Model Strengths and Weaknesses
Strenghts:
- The model demonstrates high accuracy in labeling High and Medium effort workouts.
- Overall, the model achieves an accuracy rate of 86%, indicating its effectiveness in correctly classifying workout effort levels
Weaknesses:
- The model may not be as accurate in labeling low and no effort workouts compared to medium and high intensity ones, as there are fewer instances of the former in the dataset.
- There is correlation between the Max Heart Rate and Average Heart Rate variables, as well as between the Max Speed and Average Speed variables. It might be necessary to evaluate and potentially drop some variables to avoid redundancy or multicollinearity in the dataset.
How I use PyStrava
The dashboard consists of five pages that provide various insights. The “General Statistics” page offers a comprehensive overview of all activities, while the “Level of Effort” page provides detailed statistics on effort exerted during workouts. Additionally, there are separate pages dedicated to “Biking,” “Running,” and “Functional” activities, offering specific statistics for each. In the future, I plan to add a sixth page for swimming once I have collected more data for this sport. Below is a picture showcasing the layout of the “General Statistics” page:
Similarly, here's a picture displaying the “Level of Effort” page:
Practical Use — Personal Achievement:
One noteworthy achievement was my completion of an ultra marathon on June 23, 2023. PyStrava played a significant role in my preparation for this challenging event. The Google Looker dashboard I developed for this project was essential in tracking my weekly and monthly running statistics.

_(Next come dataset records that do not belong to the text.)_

/// A request for a job, where its token lets a client in, is read as one for that toolchain.
pub fn allocations_read_back()
    ensures { (rules : Rules) (host token tc : List ℕ) (lets : List ℕ → Admission)
        (serves : List ℕ → Option Addr) (peer : Addr)
        → CanGo host token (alloc_with host token tc) → SpellsToolchain tc (bytes_text tc)
        → lets token ≡ Admitted
        → IsAskedUnder rules lets serves (request_text (alloc_with host token tc)) peer
        (record { what = Alloc tc; json = false }) }
{}

/// A request for the status is read as one.
pub fn statuses_read_back()
    ensures { (rules : Rules) (host : List ℕ) (lets : List ℕ → Admission) (serves : List ℕ → Option Addr)
        (peer : Addr)
        → list_all is_visible host ≡ true → IsWithinLimits (status_with host)
        → IsAskedUnder rules lets serves (request_text (status_with host)) peer
        (record { what = Status; json = false }) }
{}

/// A request for a job is read as one for that toolchain, under that token, whatever a check of clients says of
/// the token: it is what is asked where the check lets the client in, and else refused.
pub fn allocations_read_as()
    ensures { (host token tc : List ℕ)
        → CanGo host token (alloc_with host token tc) → SpellsToolchain tc (bytes_text tc)
        → IsReadAs (request_text (alloc_with host token tc)) (Some token) (allocated tc) }
{}

/// A request for the status is read as one, and shows no token.
pub fn statuses_read_as()
    ensures { (host : List ℕ) → list_all is_visible host ≡ true → IsWithinLimits (status_with host)
        → IsReadAs (request_text (status_with host)) None (λ said. Status) }
{}

/// Bytes that are read so ask that of a scheduler under each check of clients, in whatever state it is: the check
/// is asked about the token that is shown, and about nothing else, and its word settles what is asked.
pub fn read_under_checks<K: ClientAuthCheck>()
    ensures { (rules : Rules) (serves : List ℕ → Option Addr) (bytes : List ℕ) (shown : Option (List ℕ))
        (what : Option Admission → SchedRouted) (peer : Addr) (now : ℕ) (old new : K) (asked : Asked)
        → IsReadAs bytes shown what
        → IsAskedOf rules K.may_answer K.shown serves bytes peer now old asked new
        ↔ ((said : Option Admission) × Admits K.may_answer K.shown shown now old said new
        × (asked ≡ record { what = what said; json = false })) }
{}

/// A heartbeat, written under a token that is accepted for a server and sent from its IP, is read as that
/// server's.
pub fn heartbeats_read_back()
    ensures { (rules : Rules) (host token : List ℕ) (beat : HeartbeatServerHttpRequest)
        (lets : List ℕ → Admission) (serves : List ℕ → Option Addr) (peer server : Addr)
        → CanGo host token (heartbeat_with host token beat) → SpellsHeartbeat beat (heartbeat_text beat)
        → serves token ≡ Some server → ip_of peer ≡ ip_of server
        → IsAskedUnder rules lets serves (request_text (heartbeat_with host token beat)) peer
        (record { what = Beat server beat; json = false }) }
{}

/// A report of a job's state, written under a token that is accepted for a server and sent from its IP, is
/// read as that server's update of that job to that state.
pub fn states_read_back()
    ensures { (rules : Rules) (host token : List ℕ) (job : JobId) (state : JobState)
        (lets : List ℕ → Admission) (serves : List ℕ → Option Addr) (peer server : Addr)
        → CanGo host token (state_with host token job state) → job.0 < 2 ^ 64
        → serves token ≡ Some server → ip_of peer ≡ ip_of server
        → IsAskedUnder rules lets serves (request_text (state_with host token job state)) peer
        (record { what = Update server job state; json = false }) }
{}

Here's an example of the Running page from the dashboard:
Me crossing the finish line at the Coahuila Ultra Marathon 2023:
I hope it has sparked the motivation within you to pursue that hobby that captivates your interest or tackle that project that’s been roaming in your mind. By embarking on the journey and chasing after our goals we can find true fulfillment! This project has been a huge milestone for me because, much like the process of working out, through patience and dedication we can find what we are truly capable of.